Not sure if I understand the question, but localgrid returns a LocalRectilinearGrid (also defined in #45), which can be indexed as if it was an N-dimensional array. For example grid[2, 3, 5] returns a coordinate (x, y, z).

corentin-dev commented 2 years ago

Just to be sure, will localgrid returns an array of type typeof(x) (or interpretable as such)?

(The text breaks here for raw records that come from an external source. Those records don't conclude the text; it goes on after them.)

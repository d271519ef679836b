//! The call that reads a plan's text.
ghost use Rattle.std.specs.Prelude.{◌≡◌};
ghost use Rattle.plan.specs.Reads.{ReadAnswer, counts_of};
ghost use Rattle.layout.specs.Tree.{shape_of};

use super::parsing::parse;
use super::plan::Plan;
use grammar::PlanError;
use std::alloc::Global;
use text::Kind;

/// What is told of a plan.
#[derive(Clone, Copy, Debug, PartialEq, Eq)]
pub struct Counts {
    pub items: usize,
    /// Two for each item.
    pub vertices: usize,
    /// How many vertices its widest cut has.
    pub width: usize,
    pub cuts: usize,
}

impl Plan {
    /// Its items, vertices, width and cuts.
    pub fn counts(&self) -> Counts
        ensures { result ≡ counts_of (shape_of self.now.tree) }
    {
        let items = self.tree.item_count();
        let size = self.tree.size();
        Counts {
            items,
            vertices: 2 * items,
            width: size.width(),
            cuts: size.cuts() as usize,
        }
    }
}

/// Reads a plan's text into a plan, and its distinct names into the front of a buffer of 128, in the order in which they come
/// first; answers what is told of the plan. Where it is refused, or memory is wanting, plan and names stay as they were.
pub fn read<K: Kind>(
    heap: Global,
    text: &[u8],
    plan: &mut Plan,
    names: &mut [K],
) -> Result<Counts, PlanError>
    ensures { ReadAnswer K.text K.has text.now names.old names.new plan.old plan.new result }
{
    let new = parse(heap, text, names)?;
    let counts = new.counts();
    *plan = new;
    Ok(counts)
}
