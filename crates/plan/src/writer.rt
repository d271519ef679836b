//! Writing the text of a plan. A function that writes puts its text at the front of a buffer with room for it, and answers how
//! many bytes that is.
ghost use Rattle.std.specs.Prelude.{◌≡◌, ◌<◌, ◌≤◌, map, length, drop, Decides};
ghost use Rattle.std.specs.Slice.Iter.{iter_rest};
ghost use Rattle.grammar.specs.Written.{correction_text, bay_text, marks_text, leaf_text, sign_of, link_sign, written};
ghost use Rattle.plan.specs.Writes.{Laid, Numbered, AllNumbered, StandsTwice, FirstTwice};
ghost use Rattle.meaning.specs.Shape.{leaves as leaf_count};
ghost use Rattle.layout.specs.Tree.{shape_of, sort_of, link_of};

use grammar::{Leaf, Marks};
use itoa::Buffer;
use layout::{Link, Sort, Tree};
use std::slice::Iter;
use text::{Kind, find, write_number};

fn write_correction(correction: i16, buffer: &mut [u8]) -> usize
    requires { length (correction_text correction) ≤ length buffer.old }
    ensures { Laid 0 (correction_text correction) buffer.old buffer.new result }
{
    if correction == 0 {
        return 0;
    }
    let mut digits = Buffer::new();
    let text = digits.format(correction).as_bytes();
    let end = 1 + text.len();
    buffer[0] = b':';
    buffer[1..end].copy_from_slice(text);
    end
}

fn write_bay(bay: Option<u8>, buffer: &mut [u8]) -> usize
    requires { length (bay_text bay) ≤ length buffer.old }
    ensures { Laid 0 (bay_text bay) buffer.old buffer.new result }
{
    let Some(number) = bay else {
        return 0;
    };
    buffer[0] = b'@';
    1 + write_number(u32::from(number), &mut buffer[1..]).unwrap()
}

fn write_marks(marks: Marks, buffer: &mut [u8]) -> usize
    requires { length (marks_text marks) ≤ length buffer.old }
    ensures { Laid 0 (marks_text marks) buffer.old buffer.new result }
{
    let at = write_correction(marks.correction, buffer);
    at + write_bay(marks.bay, &mut buffer[at..])
}

// kept: each writes at the front of its own part of the buffer, so no struct holds the two together
// A name with its marks, or `_`.
fn write_leaf<K: Kind>(leaf: Leaf, names: &[K], buffer: &mut [u8]) -> usize
    requires named { Numbered (length names.now) leaf.name }
    requires room { length (leaf_text (map K.text names.now) leaf) ≤ length buffer.old }
    ensures { Laid 0 (leaf_text (map K.text names.now) leaf) buffer.old buffer.new result }
{
    let Some(number) = leaf.name else {
        buffer[0] = b'_';
        return 1;
    };
    let at = names[number as usize].write(buffer).unwrap();
    at + write_marks(leaf.marks, &mut buffer[at..])
}

/// How many bytes the text of a leaf has.
pub fn leaf_length<K: Kind>(leaf: Leaf, names: &[K]) -> usize
    requires { Numbered (length names.now) leaf.name }
    ensures count { result ≡ length (leaf_text (map K.text names.now) leaf) }
    ensures small { result ≤ 23 }
{
    write_leaf(leaf, names, &mut [0; 23])
}

// kept: the signs are defined in `grammar`, which `layout`, where `Sort` stands, does not know
fn bracket_sign(sort: Sort) -> u8
    ensures { result ≡ sign_of (sort_of sort) }
{
    match sort {
        Sort::Lock => b'!',
        Sort::Choice => b'+',
        Sort::Interleave => b'|',
    }
}

// kept: the signs are defined in `grammar`, which `layout`, where `Link` stands, does not know
fn separator(link: Link) -> u8
    ensures { result ≡ link_sign (link_of link) }
{
    match link {
        Link::Then => b'.',
        Link::Or | Link::Beside => b',',
    }
}

/// Writes the text of a tree, whose leaves are the next of the iterator's.
pub fn write_tree<K: Kind>(
    tree: &Tree,
    leaves: &mut Iter<'_, Leaf>,
    names: &[K],
    buffer: &mut [u8],
) -> usize
    requires enough { leaf_count (shape_of tree.now) ≤ length (iter_rest leaves.old) }
    requires named { AllNumbered (length names.now) (iter_rest leaves.old) }
    requires room { length (written (shape_of tree.now) (iter_rest leaves.old) (map K.text names.now)) ≤ length buffer.old }
    ensures rest { iter_rest leaves.new ≡ drop (leaf_count (shape_of tree.now)) (iter_rest leaves.old) }
    ensures laid { Laid 0 (written (shape_of tree.now) (iter_rest leaves.old) (map K.text names.now)) buffer.old buffer.new result }
{
    match tree {
        Tree::Leaf(_) => write_leaf(*leaves.next().unwrap(), names, buffer),
        Tree::Bracket(sort, e) => {
            buffer[0] = bracket_sign(*sort);
            buffer[1] = b'(';
            let end = 2 + write_tree(e, leaves, names, &mut buffer[2..]);
            buffer[end] = b')';
            end + 1
        }
        Tree::Join(link, e, f) => {
            let end = write_tree(e, leaves, names, buffer);
            buffer[end] = separator(*link);
            let next = end + 1;
            next + write_tree(f, leaves, names, &mut buffer[next..])
        }
    }
}

// Whether the name of a number stands earlier among the names.
fn stands_twice<K: Kind>(names: &[K], n: usize) -> bool
    requires { n < length names.now }
    ensures { Decides result (StandsTwice (map K.text names.now) n) }
{
    find(&names[..n], &names[n]).is_some()
}

/// The smallest number below `count` whose name stands earlier among the names.
pub fn first_twice<K: Kind>(names: &[K], count: usize) -> Option<usize>
    requires { count ≤ length names.now }
    ensures { FirstTwice (map K.text names.now) count result }
{
    (0..count).find(|&n| stands_twice(names, n))
}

Not sure if I understand the question, but localgrid returns a LocalRectilinearGrid (also defined in https://github.com/jipolanco/PencilArrays.jl/pull/45), which can be indexed as if it was an N-dimensional array. For example grid[2, 3, 5] returns a coordinate (x, y, z).

My concern is that it stays a CuArray. I guess I'll just try to see what it gives me!

jipolanco commented 2 years ago

Right. It should stay a CuArray, since no new arrays are created. But let me know if that's not the case!

jipolanco commented 2 years ago

I just merged #45, which will be included in v0.15 (being registered right now). So I'm closing this for now, but let me know if there are still issues!

corentin-dev commented 2 years ago

Everything seems to work, for broadcasting, I'll open an another issue with CuArrays due to CuPtr and Isend.